===== Record set

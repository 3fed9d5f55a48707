// What REF names: an entry of the reference area, whose first byte decides first.
#![tactic(auto)]

pub mod area;

ghost use Rattle.std.specs.Prelude.{◌≡◌};
ghost use Rattle.references.specs.Reference.{reference_of};

use area::{Reference, coded, target};

// What the entry of the reference area with these two bytes names.
pub fn reference(b0: u8, b1: u8) -> Reference
    ensures { result ≡ reference_of b0 b1 }
{
    match b0 {
        0x00..=0x3F => Reference::Jump(target(b0, b1)),
        0x40..=0x7F => Reference::Call(target(b0, b1)),
        _ => coded(b0, b1),
    }
}
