ghost use Rattle.small_world.specs.Laws.{StandingIsFifo, StandingIdsRise, KnowsArrival, KnowsFirstArrival, KnowsLinking, KnowsNews, KnowsUse, KnowsGiven};

/// The journal that a world stands for keeps the first promise: each client gets a prefix of one upstream's answers,
/// or that and one refusal; and the identifiers of each connection rise from 1, each used once (this project's own).
pub fn a_world_keeps_the_first_promise()
    ensures fifo { StandingIsFifo }
    ensures identifiers { StandingIdsRise }
{}

/// A world answers what the journal that it stands for answers: whether client 1 has arrived, and whether it is the
/// next to arrive; whether connection 1 was linked, and whether that is news for the desk; whether an identifier is in
/// use at client 1, and whether it was given on connection 1 (this project's own).
pub fn a_world_knows_its_journal()
    ensures arrival { KnowsArrival }
    ensures first_arrival { KnowsFirstArrival }
    ensures linking { KnowsLinking }
    ensures news { KnowsNews }
    ensures in_use { KnowsUse }
    ensures given { KnowsGiven }
{}
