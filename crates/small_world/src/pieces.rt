ghost use Rattle.std.specs.Prelude.{◌≡◌, [], ◌∷◌, IfOk};
ghost use Rattle.ldap_spec.specs.Bodies.{refusal};
ghost use Rattle.lload_names.specs.declared.names.OpKind.TheVariants as kind;
ghost use Rattle.lload_names.specs.declared.names.Refusal.TheVariants as which;
ghost use Rattle.small_world.specs.Pieces.{answering as answering_piece, forwarding as forwarding_piece, refusing as refusing_piece, got};

use crate::world::Forwarded;
use lload_names::{
    Answer, Body, Bound, ConnKind, Entries, Entry, Letter, NoMemory, OpName, PartName, Want, What,
};
use std::alloc::Global;

/// The backend of connection 1.
const BACKEND: u32 = 1;

// An entry of a part at moment 0: no line moves the clock yet.
fn entry(part: PartName, what: What) -> Entry
    ensures { result ≡ record { part = part; at = 0; what = what } }
{
    Entry { part, at: 0, what }
}

// A request comes in, the desk is asked and answers so, and the client learns it.
fn asking(
    alloc: Global,
    op: OpName,
    id: u32,
    rest: Body,
    answer: Answer,
) -> Result<Entries, NoMemory>
    ensures { IfOk result (λ piece. piece ≡ record { part = PartName.Client op.client; at = 0; what = What.In id rest }
        ∷ record { part = PartName.Desk; at = 0; what = What.Asked op (record { kind = ConnKind.Regular; bound = Bound.Free }) }
        ∷ record { part = PartName.Desk; at = 0; what = What.Chose op answer 0 }
        ∷ record { part = PartName.Client op.client; at = 0; what = What.Chosen op answer } ∷ []) }
{
    let client = PartName::Client(op.client);
    let want = Want {
        kind: ConnKind::Regular,
        bound: Bound::Free,
    };
    let mut entries = Entries::new(alloc);
    entries.push(entry(client, What::In { id, rest }))?;
    entries.push(entry(PartName::Desk, What::Asked { op, want }))?;
    entries.push(entry(
        PartName::Desk,
        What::Chose {
            op,
            answer,
            word: 0,
        },
    ))?;
    entries.push(entry(client, What::Chosen { op, answer }))?;
    Ok(entries)
}

/// A request of client 1 that goes to connection 1, under this identifier there.
pub(crate) fn forwarding(
    alloc: Global,
    op: OpName,
    sent_as: u32,
    id: u32,
    rest: Body,
) -> Result<Entries, NoMemory>
    requires { op.client ≡ 1 }
    ensures { IfOk result (λ piece. piece ≡ forwarding_piece op.k sent_as id rest) }
{
    let answer = Answer::Go {
        conn: 1,
        backend: BACKEND,
    };
    let mut entries = asking(alloc, op, id, rest.copy()?, answer)?;
    entries.push(entry(
        PartName::Up(1),
        What::Sent {
            id: sent_as,
            op,
            rest,
        },
    ))?;
    Ok(entries)
}

/// A request of client 1 that is refused, since no connection is up.
pub(crate) fn refusing(alloc: Global, op: OpName, id: u32, rest: Body) -> Result<Entries, NoMemory>
    requires { op.client ≡ 1 }
    ensures { IfOk result (λ piece. piece ≡ refusing_piece op.k id rest) }
{
    let mut entries = asking(alloc, op, id, rest, Answer::Unavailable)?;
    let rest = no_connections(alloc)?;
    entries.push(entry(PartName::Client(1), What::Out { id, rest }))?;
    Ok(entries)
}

/// The answer to a live operation.
pub(crate) fn answering(
    alloc: Global,
    forwarded: Forwarded,
    id: u32,
    rest: Body,
) -> Result<Entries, NoMemory>
    ensures { IfOk result (λ piece. piece ≡ answering_piece forwarded.k id forwarded.id rest) }
{
    let op = OpName {
        client: 1,
        k: forwarded.k,
    };
    let letter = Letter::Ended {
        op,
        conn: 1,
        latency: Some(0),
    };
    let mut entries = got_again(alloc, id, rest.copy()?)?;
    entries.push(entry(PartName::Desk, What::Heard { letter }))?;
    entries.push(entry(
        PartName::Client(1),
        What::Out {
            id: forwarded.id,
            rest,
        },
    ))?;
    Ok(entries)
}

/// An answer that comes, and nothing that follows from it.
pub(crate) fn got_again(alloc: Global, id: u32, rest: Body) -> Result<Entries, NoMemory>
    ensures { IfOk result (λ piece. piece ≡ got id rest ∷ []) }
{
    let mut entries = Entries::new(alloc);
    entries.push(entry(PartName::Up(1), What::Got { id, rest }))?;
    Ok(entries)
}

// The refusal of a Delete where no connection is up.
fn no_connections(alloc: Global) -> Result<Body, NoMemory>
    ensures { IfOk result (λ rest. rest ≡ refusal kind.Delete which.C3) }
{
    Body::from_slice(
        alloc,
        b"\x6B\x1F\x0A\x01\x34\x04\x00\x04\x18no connections available",
    )
}
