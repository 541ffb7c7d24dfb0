//! The small world, which goes when the world of all parts stands: one client, one regular connection and the desk, of
//! Deletes and their answers, seen through the journal that its steps make.
//!
//! The layers above may rely on this: a world that stands for a journal stands, after each call, for that journal
//! with the answered entries behind it, and the journal of a world keeps the promises of the laws below. Where there
//! is no memory, nothing has changed.
#![tactic(auto)]

mod laws;
mod pieces;
mod world;

pub use laws::{a_world_keeps_the_first_promise, a_world_knows_its_journal};
pub use world::{Forwarded, Link, World};

#[cfg(test)]
mod tests {
    use super::*;
    use lload_names::{Body, PartName};
    use std::test::Fail;

    #[test]
    fn a_delete_goes_there_and_back(rt: HostRuntime) -> Result<(), Fail> {
        let alloc = rt.alloc();
        let mut world = World::plain(alloc)?;
        assert_eq!(rt; world.begin(PartName::Up(1))?.len(), 2);
        assert_eq!(rt; world.hear()?.len(), 1);
        assert_eq!(rt; world.begin(PartName::Client(1))?.len(), 1);
        let request = Body::from_slice(alloc, b"\x4A\x03o=a")?;
        assert_eq!(rt; world.round(PartName::Client(1), 5, request)?.len(), 5);
        let answer = Body::from_slice(alloc, b"\x6B\x07\x0A\x01\x00\x04\x00\x04\x00")?;
        assert_eq!(rt; world.round(PartName::Up(1), 1, answer)?.len(), 3);
        Ok(())
    }
}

==========

* Brief: Set down the whole of the material again, exactly.

* Response:
repository 3fed9d5f55a48707
// What REF names: an entry of the reference area, whose first byte decides first.
#![tactic(auto)]

pub mod area;

ghost use Rattle.std.specs.Prelude.{◌≡◌};
ghost use Rattle.references.specs.Reference.{reference_of};

use area::{Reference, coded, target};

// What the entry of the reference area with these two bytes names.
pub fn reference(b0: u8, b1: u8) -> Reference
    ensures { result ≡ reference_of b0 b1 }
{
    match b0 {
        0x00..=0x3F => Reference::Jump(target(b0, b1)),
        0x40..=0x7F => Reference::Call(target(b0, b1)),
        _ => coded(b0, b1),
    }
}
ghost use Rattle.small_world.specs.Laws.{StandingIsFifo, StandingIdsRise, KnowsArrival, KnowsFirstArrival, KnowsLinking, KnowsNews, KnowsUse, KnowsGiven};

/// The journal that a world stands for keeps the first promise: each client gets a prefix of one upstream's answers,
/// or that and one refusal; and the identifiers of each connection rise from 1, each used once (this project's own).
pub fn a_world_keeps_the_first_promise()
    ensures fifo { StandingIsFifo }
    ensures identifiers { StandingIdsRise }
{}

/// A world answers what the journal that it stands for answers: whether client 1 has arrived, and whether it is the
/// next to arrive; whether connection 1 was linked, and whether that is news for the desk; whether an identifier is in
/// use at client 1, and whether it was given on connection 1 (this project's own).
pub fn a_world_knows_its_journal()
    ensures arrival { KnowsArrival }
    ensures first_arrival { KnowsFirstArrival }
    ensures linking { KnowsLinking }
    ensures news { KnowsNews }
    ensures in_use { KnowsUse }
    ensures given { KnowsGiven }
{}
filename crates/small_world/src/pieces.rt
ghost use Rattle.std.specs.Prelude.{◌≡◌, [], ◌∷◌, IfOk};
ghost use Rattle.ldap_spec.specs.Bodies.{refusal};
ghost use Rattle.lload_names.specs.declared.names.OpKind.TheVariants as kind;
ghost use Rattle.lload_names.specs.declared.names.Refusal.TheVariants as which;
ghost use Rattle.small_world.specs.Pieces.{answering as answering_piece, forwarding as forwarding_piece, refusing as refusing_piece, got};

use crate::world::Forwarded;
use lload_names::{
    Answer, Body, Bound, ConnKind, Entries, Entry, Letter, NoMemory, OpName, PartName, Want, What,
};
use std::alloc::Global;

/// The backend of connection 1.
const BACKEND: u32 = 1;

// An entry of a part at moment 0: no line moves the clock yet.
fn entry(part: PartName, what: What) -> Entry
    ensures { result ≡ record { part = part; at = 0; what = what } }
{
    Entry { part, at: 0, what }
}

// A request comes in, the desk is asked and answers so, and the client learns it.
fn asking(
    alloc: Global,
    op: OpName,
    id: u32,
    rest: Body,
    answer: Answer,
) -> Result<Entries, NoMemory>
    ensures { IfOk result (λ piece. piece ≡ record { part = PartName.Client op.client; at = 0; what = What.In id rest }
        ∷ record { part = PartName.Desk; at = 0; what = What.Asked op (record { kind = ConnKind.Regular; bound = Bound.Free }) }
        ∷ record { part = PartName.Desk; at = 0; what = What.Chose op answer 0 }
        ∷ record { part = PartName.Client op.client; at = 0; what = What.Chosen op answer } ∷ []) }
{
    let client = PartName::Client(op.client);
    let want = Want {
        kind: ConnKind::Regular,
        bound: Bound::Free,
    };
    let mut entries = Entries::new(alloc);
    entries.push(entry(client, What::In { id, rest }))?;
    entries.push(entry(PartName::Desk, What::Asked { op, want }))?;
    entries.push(entry(
        PartName::Desk,
        What::Chose {
            op,
            answer,
            word: 0,
        },
    ))?;
    entries.push(entry(client, What::Chosen { op, answer }))?;
    Ok(entries)
}

/// A request of client 1 that goes to connection 1, under this identifier there.
pub(crate) fn forwarding(
    alloc: Global,
    op: OpName,
    sent_as: u32,
    id: u32,
    rest: Body,
) -> Result<Entries, NoMemory>
    requires { op.client ≡ 1 }
    ensures { IfOk result (λ piece. piece ≡ forwarding_piece op.k sent_as id rest) }
{
    let answer = Answer::Go {
        conn: 1,
        backend: BACKEND,
    };
    let mut entries = asking(alloc, op, id, rest.copy()?, answer)?;
    entries.push(entry(
        PartName::Up(1),
        What::Sent {
            id: sent_as,
            op,
            rest,
        },
    ))?;
    Ok(entries)
}

/// A request of client 1 that is refused, since no connection is up.
pub(crate) fn refusing(alloc: Global, op: OpName, id: u32, rest: Body) -> Result<Entries, NoMemory>
    requires { op.client ≡ 1 }
    ensures { IfOk result (λ piece. piece ≡ refusing_piece op.k id rest) }
{
    let mut entries = asking(alloc, op, id, rest, Answer::Unavailable)?;
    let rest = no_connections(alloc)?;
    entries.push(entry(PartName::Client(1), What::Out { id, rest }))?;
    Ok(entries)
}

/// The answer to a live operation.
pub(crate) fn answering(
    alloc: Global,
    forwarded: Forwarded,
    id: u32,
    rest: Body,
) -> Result<Entries, NoMemory>
    ensures { IfOk result (λ piece. piece ≡ answering_piece forwarded.k id forwarded.id rest) }
{
    let op = OpName {
        client: 1,
        k: forwarded.k,
    };
    let letter = Letter::Ended {
        op,
        conn: 1,
        latency: Some(0),
    };
    let mut entries = got_again(alloc, id, rest.copy()?)?;
    entries.push(entry(PartName::Desk, What::Heard { letter }))?;
    entries.push(entry(
        PartName::Client(1),
        What::Out {
            id: forwarded.id,
            rest,
        },
    ))?;
    Ok(entries)
}

/// An answer that comes, and nothing that follows from it.
pub(crate) fn got_again(alloc: Global, id: u32, rest: Body) -> Result<Entries, NoMemory>
    ensures { IfOk result (λ piece. piece ≡ got id rest ∷ []) }
{
    let mut entries = Entries::new(alloc);
    entries.push(entry(PartName::Up(1), What::Got { id, rest }))?;
    Ok(entries)
}

// The refusal of a Delete where no connection is up.
fn no_connections(alloc: Global) -> Result<Body, NoMemory>
    ensures { IfOk result (λ rest. rest ≡ refusal kind.Delete which.C3) }
{
    Body::from_slice(
        alloc,
        b"\x6B\x1F\x0A\x01\x34\x04\x00\x04\x18no connections available",
    )
}
repository 541ffb7c7d24dfb0
//! The small world, which goes when the world of all parts stands: one client, one regular connection and the desk, of
//! Deletes and their answers, seen through the journal that its steps make.
//!
//! The layers above may rely on this: a world that stands for a journal stands, after each call, for that journal
//! with the answered entries behind it, and the journal of a world keeps the promises of the laws below. Where there
//! is no memory, nothing has changed.
#![tactic(auto)]

mod laws;
mod pieces;
mod world;

pub use laws::{a_world_keeps_the_first_promise, a_world_knows_its_journal};
pub use world::{Forwarded, Link, World};

#[cfg(test)]
mod tests {
    use super::*;
    use lload_names::{Body, PartName};
    use std::test::Fail;

    #[test]
    fn a_delete_goes_there_and_back(rt: HostRuntime) -> Result<(), Fail> {
        let alloc = rt.alloc();
        let mut world = World::plain(alloc)?;
        assert_eq!(rt; world.begin(PartName::Up(1))?.len(), 2);
        assert_eq!(rt; world.hear()?.len(), 1);
        assert_eq!(rt; world.begin(PartName::Client(1))?.len(), 1);
        let request = Body::from_slice(alloc, b"\x4A\x03o=a")?;
        assert_eq!(rt; world.round(PartName::Client(1), 5, request)?.len(), 5);
        let answer = Body::from_slice(alloc, b"\x6B\x07\x0A\x01\x00\x04\x00\x04\x00")?;
        assert_eq!(rt; world.round(PartName::Up(1), 1, answer)?.len(), 3);
        Ok(())
    }
}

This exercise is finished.